Task instructions: Reproduce only the lines from the one containing "fn flat_table(alloc: Global, bytes: &[u8], text: &[u8])" through the end of the data, exactly as they stand.

---

//! The options of a call, and its lists.

ghost use Rattle.std.specs.Prelude.{◌≡◌, IsUtf8, MatchResult, Some};
ghost use Rattle.html_c.specs.declared.fault.CallFault.TheVariants as fault;
ghost use Rattle.html_c.specs.Table.{Flat, Json, ReadsTableBytes, table_form};
ghost use Rattle.html_c.specs.Vocabulary.{options_of, own_context, AllowsContext, bad_told, context_told, escaping_told, keys_told, may_be_in, task_told, GivesNothing, HasLists, HasSettings, IsCommand, IsSize, NoCommand, NoEscaping, Settings, Tells, Unmet};

use crate::answer::Given;
use crate::fault::CallFault;
use charref::Table;
use hmarkup::Quirks;
use hmodes::Limits;
use hparse::Options;
use htext::{BadBytes, MAX_INPUT};
use hwrite::{Command, Escaping, Task, check_context};
use names::{Keys, Refusal};
use std::alloc::Global;

/// The bytes of options that the library knows.
const SIZE: usize = 104;

/// The most bytes that are fed at a time.
const MOST_PIECE: u64 = 65_536;

/// The first byte of a flat form. No JSON text begins with it; no bytes are the core table.
const FLAT: u8 = 1;

/// The tasks that are of documents, or of fragments, alone.
const TOKENS: u32 = 0;

const PLAIN: u32 = 4;

const PLAIN_DOCUMENT: u32 = 5;

fn task_of(number: u32) -> Option<Task>
    ensures { result ≡ task_told number }
{
    match number {
        TOKENS => Some(Task::Tokens),
        1 => Some(Task::Tree),
        2 => Some(Task::Errors),
        3 => Some(Task::Write),
        PLAIN | PLAIN_DOCUMENT => Some(Task::Plain),
        _ => None,
    }
}

/// Whether the task of a number is one for a fragment in this element, or for a document where there is none.
fn may_be_in(number: u32, context: Option<&str>) -> bool
    ensures { result ≡ may_be_in number (own_context context.entry) }
{
    match context {
        Some(_) => number != TOKENS && number != PLAIN_DOCUMENT,
        None => number != PLAIN,
    }
}

/// The lists that are given, what becomes of bytes that are not UTF-8, and how large a tree may become.
#[derive(Drop)]
pub(crate) struct Lists {
    table: Table,
    quirks: Quirks,
    bad_bytes: BadBytes,
    limits: Limits,
}

/// How an input is read.
#[derive(Clone, Copy)]
pub(crate) struct Settings<'a> {
    /// The name of the element in which it is, if it is a fragment.
    pub(crate) context: Option<&'a str>,
    /// How many bytes are fed at a time: no more than there are, as the buffer has so many.
    pub(crate) piece: usize,
}

impl<'a> Given<'a> {
    /// How this input is read. Of options of a size that the library does not know no more is read; every other call here requires that
    /// their size is known.
    pub(crate) fn settings(&self, input: &[u8]) -> Result<Settings<'a>, CallFault>
        ensures { MatchResult result (HasSettings self.now) (GivesNothing self.now.size (Unmet self.now)) }
    {
        if self.size != SIZE {
            return Err(CallFault::BadSize);
        }
        let context = self.context()?;
        if self.piece == 0 || self.piece > MOST_PIECE {
            return Err(CallFault::BadNumber);
        }
        let piece = (self.piece as usize).min(input.len()).max(1);
        Ok(Settings { context, piece })
    }

    fn context(&self) -> Result<Option<&'a str>, CallFault>
        requires { IsSize self.now.size }
        ensures { let told = context_told self.now.context.now in
            MatchResult result (λ name. (own_context name ≡ told) × AllowsContext told) (Unmet self.now) }
    {
        if self.context.is_empty() {
            return Ok(None);
        }
        let name = text_of(self.context)?;
        check_context(Some(name))?;
        Ok(Some(name))
    }

    fn bad_bytes(&self) -> Result<BadBytes, CallFault>
        requires { IsSize self.now.size }
        ensures { MatchResult result (λ bad. bad_told self.now.bad_bytes ≡ Some bad) (Unmet self.now) }
    {
        match self.bad_bytes {
            0 => Ok(BadBytes::Refuse),
            1 => Ok(BadBytes::Replace),
            _ => Err(CallFault::BadNumber),
        }
    }

    pub(crate) fn escaping(&self) -> Result<Escaping, CallFault>
        requires { IsSize self.now.size }
        ensures { MatchResult result (λ how. escaping_told self.now.escaping ≡ Some how) (NoEscaping self.now) }
    {
        match self.escaping {
            1 => Ok(Escaping::One),
            2 => Ok(Escaping::Two),
            _ => Err(CallFault::BadNumber),
        }
    }

    /// The command that is given, with the task of this number.
    pub(crate) fn command(
        &self,
        number: u32,
        settings: &Settings<'a>,
    ) -> Result<Command<'a>, CallFault>
        requires { HasSettings self.now settings.now }
        ensures { MatchResult result (IsCommand number self.now) (NoCommand number self.now) }
    {
        let Some(task) = task_of(number) else {
            return Err(CallFault::BadNumber);
        };
        if !may_be_in(number, settings.context) {
            return Err(CallFault::Refused(Refusal::BadContext));
        }
        Ok(Command {
            task,
            context: settings.context,
            escaping: self.escaping()?,
            piece: settings.piece,
            is_last: false,
        })
    }

    pub(crate) fn lists(&self, alloc: Global, input: &[u8]) -> Result<Lists, CallFault>
        requires { IsSize self.now.size }
        ensures { MatchResult result (HasLists self.now) (Unmet self.now) }
    {
        let bad_bytes = self.bad_bytes()?;
        let limits = Limits::new(MAX_INPUT, self.nodes, self.open)?;
        let table = table_of(alloc, self.entities, input)?;
        let quirks = Quirks::read(alloc, text_of(self.quirks)?)?;
        Ok(Lists {
            table,
            quirks,
            bad_bytes,
            limits,
        })
    }

    /// The options, which lend the lists, and ask for the places of nodes or not.
    pub(crate) fn options<'t>(&self, lists: &'t Lists, places: bool) -> Options<'t>
        requires settings { (settings : Settings) × HasSettings self.now settings }
        requires lists { HasLists self.now lists.now }
        ensures told { Tells self.now (options_of result) }
        ensures keys { result.keys ≡ keys_told self.now }
        ensures places { result.places ≡ places }
    {
        let key = (u128::from(self.key_high) << 64) | u128::from(self.key_low);
        Options {
            table: &lists.table,
            quirks: &lists.quirks,
            bad_bytes: lists.bad_bytes,
            limits: lists.limits,
            keys: Keys::new(key),
            places,
        }
    }
}

/// The table that these bytes say, for the look-ups of a text.
pub(crate) fn table_of(alloc: Global, bytes: &[u8], text: &[u8]) -> Result<Table, CallFault>
    ensures { ReadsTableBytes bytes.now result }
{
    match bytes.first() {
        None => Ok(Table::core(alloc)?),
        Some(&FLAT) => flat_table(alloc, bytes, text),
        Some(_) => json_table(alloc, bytes),
    }
}

fn flat_table(alloc: Global, bytes: &[u8], text: &[u8]) -> Result<Table, CallFault>
    requires { table_form bytes.now ≡ Flat }
    ensures { ReadsTableBytes bytes.now result }
{
    let table = Table::for_text(alloc, bytes, text)?;
    // So no other table has this form.
    let _form = table.as_flat();
    Ok(table)
}

fn json_table(alloc: Global, bytes: &[u8]) -> Result<Table, CallFault>
    requires { table_form bytes.now ≡ Json }
    ensures { ReadsTableBytes bytes.now result }
{
    Ok(Table::read(alloc, text_of(bytes)?)?)
}

/// The text that bytes are, if they are UTF-8.
fn text_of(bytes: &[u8]) -> Result<&str, CallFault>
    ensures { MatchResult result (λ text. text.now ≡ bytes.now) (λ why. (IsUtf8 bytes.now → ⊥) × (why ≡ fault.NotText)) }
{
    match str::from_utf8(bytes) {
        Ok(text) => Ok(text),
        Err(_) => Err(CallFault::NotText),
    }
}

---

Answer section:
fn flat_table(alloc: Global, bytes: &[u8], text: &[u8]) -> Result<Table, CallFault>
    requires { table_form bytes.now ≡ Flat }
    ensures { ReadsTableBytes bytes.now result }
{
    let table = Table::for_text(alloc, bytes, text)?;
    // So no other table has this form.
    let _form = table.as_flat();
    Ok(table)
}

fn json_table(alloc: Global, bytes: &[u8]) -> Result<Table, CallFault>
    requires { table_form bytes.now ≡ Json }
    ensures { ReadsTableBytes bytes.now result }
{
    Ok(Table::read(alloc, text_of(bytes)?)?)
}

/// The text that bytes are, if they are UTF-8.
fn text_of(bytes: &[u8]) -> Result<&str, CallFault>
    ensures { MatchResult result (λ text. text.now ≡ bytes.now) (λ why. (IsUtf8 bytes.now → ⊥) × (why ≡ fault.NotText)) }
{
    match str::from_utf8(bytes) {
        Ok(text) => Ok(text),
        Err(_) => Err(CallFault::NotText),
    }
}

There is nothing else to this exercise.